** Listed entries follows **

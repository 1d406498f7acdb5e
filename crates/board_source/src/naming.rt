//! What rows have under list names, found without looking at all of them.

ghost use Rattle.std.specs.Prelude.{◌≡◌, ℕ, List, IfOk};
ghost use Rattle.std.specs.BTreeMap.{get};
ghost use Rattle.std.specs.Cmp.Lexicographic.{slice_cmp};
ghost use Rattle.std.specs.Ordering.{nat_cmp};
ghost use Rattle.board_model.specs.Keys.{named};

use acq_base::{ListName, NoMemory, Row, Text};
use std::alloc::Global;
use std::collections::BTreeMap;

/// The rows by their names. Of several rows with one name the first counts.
pub fn by_name<V: Drop>(
    alloc: Global,
    rows: Row<(ListName, V)>,
) -> Result<BTreeMap<Text, V>, NoMemory>
    ensures { IfOk result (λ map. (name : List ℕ) → get (slice_cmp nat_cmp) map name ≡ named rows name) }
{
    let mut map = BTreeMap::new(alloc);
    let mut rest = rows.into_vec();
    while let Some((name, value)) = rest.pop() {
        drop(map.insert(name.0, value)?);
    }
    Ok(map)
}
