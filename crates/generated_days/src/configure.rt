//! What a sources list configures.

ghost use Rattle.std.specs.Prelude.{IfOk};
ghost use Rattle.acq_base.specs.Plan.{IsSound};
ghost use Rattle.generated_days.specs.Days.{Configures};

use acq_base::{Bytes, NoMemory, Row, Text};
use acq_memory::MemEtc;
use acq_outside::Place;
use configuration::{Configured, configure};
use std::alloc::Global;

/// What a sources list configures under the default settings.
pub fn configure_by(alloc: Global, list: Bytes) -> Result<Configured, NoMemory>
    ensures sound { IfOk result (λ it. IsSound it.plan) }
    ensures configures { IfOk result (Configures list) }
{
    let mut rows = Row::new(alloc);
    rows.push((Place::SourcesList, Text::new(alloc), list))?;
    if !MemEtc::takes(&rows) {
        return Err(NoMemory);
    }
    let mut etc = MemEtc::new(rows, Row::new(alloc));
    match configure(alloc, &mut etc, &Row::new(alloc)) {
        Ok(it) => Ok(it),
        Err(_) => Err(NoMemory),
    }
}
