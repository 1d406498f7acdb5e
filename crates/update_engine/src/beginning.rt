//! The beginning of a run over an open journal.
ghost use Rattle.std.specs.Prelude.{◌≡◌, ◌≤◌, [], Bool, IfOk};
ghost use Rattle.acq_base.specs.Plan.{IsSound};
ghost use Rattle.acq_outside.specs.Stays.{ReadsCounting};
ghost use Rattle.update_core.specs.BoardRefinement.{board_of};
ghost use Rattle.update_engine.specs.Run.{run_of};
ghost use Rattle.update_engine.specs.Session.{StartsRun};

use crate::reading::read_sizes;
use acq_base::{Plan, Settings, sources_are_planned};
use acq_outside::{Disk, OutError};
use lists_dir::installed;
use release_file::Change;
use std::alloc::Global;
use std::thread::Threads;
use update_core::Board;

/// A new board with so many lanes, beside what is installed, of which so many threads take the sums, and what is on its way.
/// Nothing is changed.
///
/// The plan is sound; `now` is the moment of the run in seconds since 1970-01-01 00:00:00 UTC. `Fault` only where the disk's
/// count of faults rose.
pub fn begin_run<R: Threads + Sync, D: Disk>(
    rt: &R,
    alloc: Global,
    disk: &mut D,
    plan: Plan,
    settings: Settings,
    change: Change,
    now: i64,
    lanes: u32,
    threads: usize,
) -> Result<Board, OutError>
    requires plan { IsSound plan }
    requires lanes { 1 ≤ lanes }
    ensures frame { ReadsCounting OutError.Fault D.Disk disk.old disk.new result }
    ensures unasked { IfOk result (λ board. (board_of board).asks ≡ []) }
    ensures starts { (together : Bool) → IfOk result (λ board. StartsRun (run_of plan settings change now together) lanes (D.trace disk.old) (board_of board)) }
{
    sources_are_planned();
    let olds = installed(rt, alloc, disk, plan.sources.as_slice(), threads)?;
    let sizes = read_sizes(alloc, disk, plan.sources.as_slice())?;
    Ok(Board::new(alloc, plan, olds, sizes, settings, change, now, lanes)?)
}
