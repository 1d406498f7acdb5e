//! A run over several methods: workers and a coordinator fetch its jobs, several at once, each source is committed as it
//! is ready or all together, and the clean-up comes last.
//!
//! `run_update` opens the journal, reads what is installed and how much there is of each list on its way, asks and
//! commits until each source is settled, and cleans up last. Whatever it answers, over a disk that tells and was
//! synced, a crash at any moment leaves what it left at entry or, once the journal was open, the run's commits as far
//! as they had got, and the disk is synced again (the definition `SurvivesCrash`); where memory ran out, each commit
//! that was begun is acknowledged (`dry` of `Runs`). Where it answers a log, the log is that of a board to which the
//! run's calls led and which is finished; each answer in it is the mirror's or a fault, and the faults of each method
//! are told in order, within what it counted; over a disk that tells and was synced, the run's commits are all made,
//! the disk is at rest with the lists after them, beside them only lists on their way change, as answers left them,
//! and where names of no source go none of them is left (`LogIsTrue`). The coordinator's method began just as many fetches as
//! the log tells of it, and a worker's no more than that and one (`BeginsAsTold`). Damage of the journal is told only where it is there, and
//! then no log is answered. A fault of the disk is told only where its count rose, and none goes untold beside a log
//! (`frame`). It may wait for a worker; that it comes to an end is claimed nowhere.
#![tactic(auto)]

pub use top::run_update;

mod beginning;
mod ending;
mod gathering;
mod looping;
mod reading;
mod settling;
mod top;
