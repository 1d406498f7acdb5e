//! How the lists of a source begin.

ghost use Rattle.std.specs.Prelude.{◌≡◌, ◌++◌, ◌∷◌, [], IfOk, IsTrue, OnOk, option_map};
ghost use Rattle.acq_outside.specs.Disk.{IsName};
ghost use Rattle.acq_outside.specs.Stays.{ReadsCounting};
ghost use Rattle.item_graph.specs.OldFiles.{IsEnough, bytes_of};
ghost use Rattle.lists_dir.specs.Refinement.{old_in};
ghost use Rattle.update_model.specs.Next.{same_bytes};
ghost use Rattle.board_source.specs.Anew.{Anew, AreFirst, IsFirst, is_wanted, wanted_start};
ghost use Rattle.board_source.specs.Listed.{standing_of, standings};
ghost use Rattle.board_source.specs.Names.{HasDiskNames, NamesDiffer};
ghost use Rattle.board_source.specs.Refinement.{config_of, found_of};

use crate::found::AdmittedRelease;
use crate::lists::{Lists, count};
use crate::naming::by_name;
use crate::setup::Setup;
use acq_base::{Bytes, NoMemory, Source, Target};
use acq_outside::{Disk, OutError, read_whole};
use item_graph::{Item, OldFile, want};
use lists_dir::{Installed, Summed};
use release_file::{Release, find_file};
use std::alloc::Global;
use update_model::Wanted;

/// The lists of a source, and whether just this set is installed already.
#[derive(Drop)]
pub struct NewLists {
    pub lists: Lists,
    pub there: bool,
}

/// The lists that a Release names begin, each with the file that is installed under its name. The source is one of a sound
/// plan.
///
/// Of a file from which patches may lead on the bytes are needed, so it is read anew: what is read then counts. `Fault` only
/// where the disk's count of faults rose.
pub fn begin_lists<D: Disk>(
    alloc: Global,
    disk: &mut D,
    setup: &Setup,
    source: &Source,
    old: Installed,
    found: &AdmittedRelease,
) -> Result<NewLists, OutError>
    requires named { NamesDiffer source.now }
    requires fits { HasDiskNames source.now }
    ensures frame { ReadsCounting OutError.Fault D.Disk disk.old disk.new result }
    ensures begun { IfOk result (λ begun. Anew (D.tells disk.old) (D.files disk.old) source.now (old_in old)
        (AreFirst (config_of setup.now) source.now (found_of found.now) (standings begun.lists.items.items) begun.there)) }
{
    let Installed { release, lists } = old;
    let mut installed = by_name(alloc, lists)?;
    let mut there = is_same(&release, &found.bytes);
    let mut items = Vec::new(alloc);
    for target in source.targets.as_slice() {
        // No other target has this name.
        let file = installed.remove(&target.name.0);
        let list = begin_list(alloc, disk, setup, source, &found.release, target, file)?;
        there = there && list.there;
        add(&mut items, list.item)?;
    }
    let asking = count(&items);
    Ok(NewLists {
        lists: Lists { items, asking },
        there,
    })
}

/// Puts one more list behind the others.
fn add(items: &mut Vec<Option<Item>>, item: Option<Item>) -> Result<(), NoMemory>
    ensures { OnOk result (items.new.items ≡ items.old.items ++ item ∷ []) }
{
    items.push(item)?;
    Ok(())
}

/// Whether the installed Release has these bytes.
fn is_same(old: &Option<Bytes>, new: &Bytes) -> bool
    ensures { result ≡ same_bytes old.now new.now }
{
    match old {
        Some(bytes) => bytes == new,
        None => false,
    }
}

/// A list, and whether what is installed under its name is what the Release says.
#[derive(Drop)]
struct BegunList {
    item: Option<Item>,
    there: bool,
}

/// A list begins, where the Release names it, with the file that is installed under its name.
fn begin_list<D: Disk>(
    alloc: Global,
    disk: &mut D,
    setup: &Setup,
    source: &Source,
    release: &Release,
    target: &Target,
    file: Option<Summed>,
) -> Result<BegunList, OutError>
    requires { IsName target.now.name.0 }
    ensures frame { ReadsCounting OutError.Fault D.Disk disk.old disk.new result }
    ensures begun { IfOk result (λ list. IsFirst (D.tells disk.old) (D.files disk.old) (config_of setup.now) source.now release.now target.now file
        (option_map standing_of list.item) list.there) }
{
    let Some(sum) = find_file(release, target.path.as_bytes()) else {
        return Ok(BegunList {
            item: None,
            there: file.is_none(),
        });
    };
    let wanted = want(alloc, source, target, release, &setup.settings, sum)?;
    let file = old_file(alloc, disk, target, &wanted, file)?;
    let list = begin_wanted(alloc, setup, target, wanted, file)?;
    Ok(list)
}

/// A list's installed file, which is read anew where patches may lead on from it.
fn old_file<D: Disk>(
    alloc: Global,
    disk: &mut D,
    target: &Target,
    wanted: &Wanted,
    file: Option<Summed>,
) -> Result<Option<OldFile>, OutError>
    requires { IsName target.now.name.0 }
    ensures frame { ReadsCounting OutError.Fault D.Disk disk.old disk.new result }
    ensures enough { IfOk result (λ old. IsEnough old wanted.now) }
    ensures told { IsTrue (D.tells disk.old) → file ≡ D.files disk.old target.now.name.0 → IfOk result (λ old. option_map bytes_of old ≡ file) }
{
    let Some(file) = file else {
        return Ok(None);
    };
    if wanted.index.is_none() || file.sum() == wanted.sum {
        return Ok(Some(OldFile::Summed(file)));
    }
    match read_whole(alloc, disk, target.name.0.as_bytes())? {
        Some(bytes) => Ok(Some(OldFile::Read(bytes))),
        None => Ok(None),
    }
}

/// A wanted list begins beside its installed file.
fn begin_wanted(
    alloc: Global,
    setup: &Setup,
    target: &Target,
    wanted: Wanted,
    file: Option<OldFile>,
) -> Result<BegunList, NoMemory>
    requires { IsEnough file wanted }
    ensures item { IfOk result (λ list. option_map standing_of list.item ≡ wanted_start (config_of setup.now) target.now wanted (option_map bytes_of file)) }
    ensures there { IfOk result (λ list. list.there ≡ is_wanted wanted (option_map bytes_of file)) }
{
    let part = setup.size(&target.name);
    let item = Item::for_list(alloc, wanted, file, part, &setup.settings)?;
    let there = item.ask().is_none();
    Ok(BegunList {
        item: Some(item),
        there,
    })
}
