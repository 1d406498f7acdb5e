//! The loop of a run over its lanes.
ghost use Rattle.std.specs.Prelude.{◌≡◌, ◌≢◌, ℕ, List, false, true, is_some, Err, IfErr, None, OnOk};
ghost use Rattle.std.specs.List.{list_any};
ghost use Rattle.acq_outside.specs.States.{Since, IsNow};
ghost use Rattle.acq_outside.specs.Stays.{StaysCounting};
ghost use Rattle.board_model.specs.Boards.{first_ready};
ghost use Rattle.board_model.specs.Jobs.{NoneAsks};
ghost use Rattle.journal_model.specs.Rest.{IsIdle, KeptAtRestSince};
ghost use Rattle.update_core.specs.BoardRefinement.{board_of};
ghost use Rattle.lane_jobs.specs.Begins.{HasBegun};
ghost use Rattle.lane_jobs.specs.Going.{KeepsLanes, MayAskOver, run_lanes};
ghost use Rattle.update_engine.specs.Session.{KeepsRunGoing, RunGoesOn, MayCommit, OnlySettles, StopsBetweenAsks, StopsWhileAsking};

use crate::settling::install_all;
use acq_outside::{Disk, Method};
use commit_journal::Journal;
use kept_hooks::Judge;
use lane_jobs::{Transfers, ask_some};
use lane_pool::Lanes;
use run_jobs::RunError;
use std::alloc::Global;
use std::sync::Wait;
use update_core::Board;

/// Asks until nothing is asked any more, and no job is out. One by one each source is committed as soon as it is ready, while the
/// jobs of others are out; together nothing is committed here, and no list and no journal is touched.
///
/// `DiskFault` only where the disk's count of faults rose, and never `BadJournal`.
#[tactic(auto, using(crate::proofs::Stepping::far_nowhere, crate::proofs::Stepping::lanes_stay))]
pub fn ask_until_done<R: Wait, D: Disk, M: Method + Send + 'static>(
    rt: &R,
    alloc: Global,
    judge: &Judge,
    together: bool,
    disk: &mut D,
    journal: &mut Journal,
    lanes: &mut Lanes<M>,
    jobs: &mut Transfers,
    board: &mut Board,
) -> Result<(), RunError>
    requires ready { MayAskOver (run_lanes lanes.old jobs.old (board_of board.old)) (D.trace disk.old) }
    requires change { judge.now.change ≡ (board_of board.old).config.change }

    ensures frame { StaysCounting RunError.DiskFault D.Disk disk.old disk.new result }
    ensures undamaged { (at : ℕ) → result ≢ Err (RunError.BadJournal at) }
    ensures methods { KeepsLanes lanes.old lanes.new }

    ensures begins { (first : List ℕ) → HasBegun first (run_lanes lanes.old jobs.old (board_of board.old))
        → OnOk result (HasBegun first (run_lanes lanes.new jobs.new (board_of board.new))) }
    ensures quiet { OnOk result (list_any is_some jobs.new.rows ≡ false) }
    ensures unsettled { together ≡ true → OnOk result ((board_of board.new).settled ≡ (board_of board.old).settled) }
    ensures none { OnOk result (NoneAsks (board_of board.new)) }
    ensures config { OnOk result ((board_of board.new).config ≡ (board_of board.old).config) }

    ensures bare { together ≡ true → Since (D.trace disk.old) (D.trace disk.new) (KeptAtRestSince (D.trace disk.old)) }
    ensures idle { OnOk result (IsNow IsIdle (D.trace disk.new)) }
    ensures stops { IfErr result (λ error. StopsWhileAsking error (run_lanes lanes.old jobs.old (board_of board.old))
        (D.trace disk.old) (D.trace disk.new)) }
    ensures goes { OnOk result (RunGoesOn (run_lanes lanes.old jobs.old (board_of board.old))
        (run_lanes lanes.new jobs.new (board_of board.new)) (D.trace disk.old) (D.trace disk.new)) }
{
    for _ in rt.forever() {
        install_between(alloc, together, disk, journal, board)?;
        if !ask_some(rt, alloc, judge, disk, lanes, jobs, board)? {
            return Ok(());
        }
    }
    unreachable!()
}

/// One by one, settles the sources that are ready and commits their new sets, so that none waits while more is asked;
/// together does nothing.
fn install_between<D: Disk>(
    alloc: Global,
    together: bool,
    disk: &mut D,
    journal: &mut Journal,
    board: &mut Board,
) -> Result<(), RunError>
    requires { MayCommit (board_of board.old) (D.trace disk.old) }

    ensures frame { StaysCounting RunError.DiskFault D.Disk disk.old disk.new result }
    ensures undamaged { (at : ℕ) → result ≢ Err (RunError.BadJournal at) }

    ensures unsettled { together ≡ true → OnOk result ((board_of board.new).settled ≡ (board_of board.old).settled) }
    ensures none { together ≡ false → OnOk result (first_ready (board_of board.new).slots ≡ None) }
    ensures only { OnOk result (OnlySettles (board_of board.old) (board_of board.new)) }

    ensures bare { together ≡ true → D.trace disk.new ≡ D.trace disk.old }
    ensures idle { OnOk result (IsNow IsIdle (D.trace disk.new)) }
    ensures goes { OnOk result (KeepsRunGoing (board_of board.old) (board_of board.new) (D.trace disk.old) (D.trace disk.new)) }
    ensures stops { IfErr result (λ error. StopsBetweenAsks error (board_of board.old) (D.trace disk.old) (D.trace disk.new)) }
{
    if together {
        return Ok(());
    }
    install_all(alloc, disk, journal, board)?;
    Ok(())
}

** End of Listed entries **

*Task objective*:
Look for the string "commits" in the data above and return every line that has it.

*Final answer*:
//! commits until each source is settled, and cleans up last. Whatever it answers, over a disk that tells and was
//! synced, a crash at any moment leaves what it left at entry or, once the journal was open, the run's commits as far
//! are told in order, within what it counted; over a disk that tells and was synced, the run's commits are all made,
/// One by one, settles the sources that are ready and commits their new sets, so that none waits while more is asked;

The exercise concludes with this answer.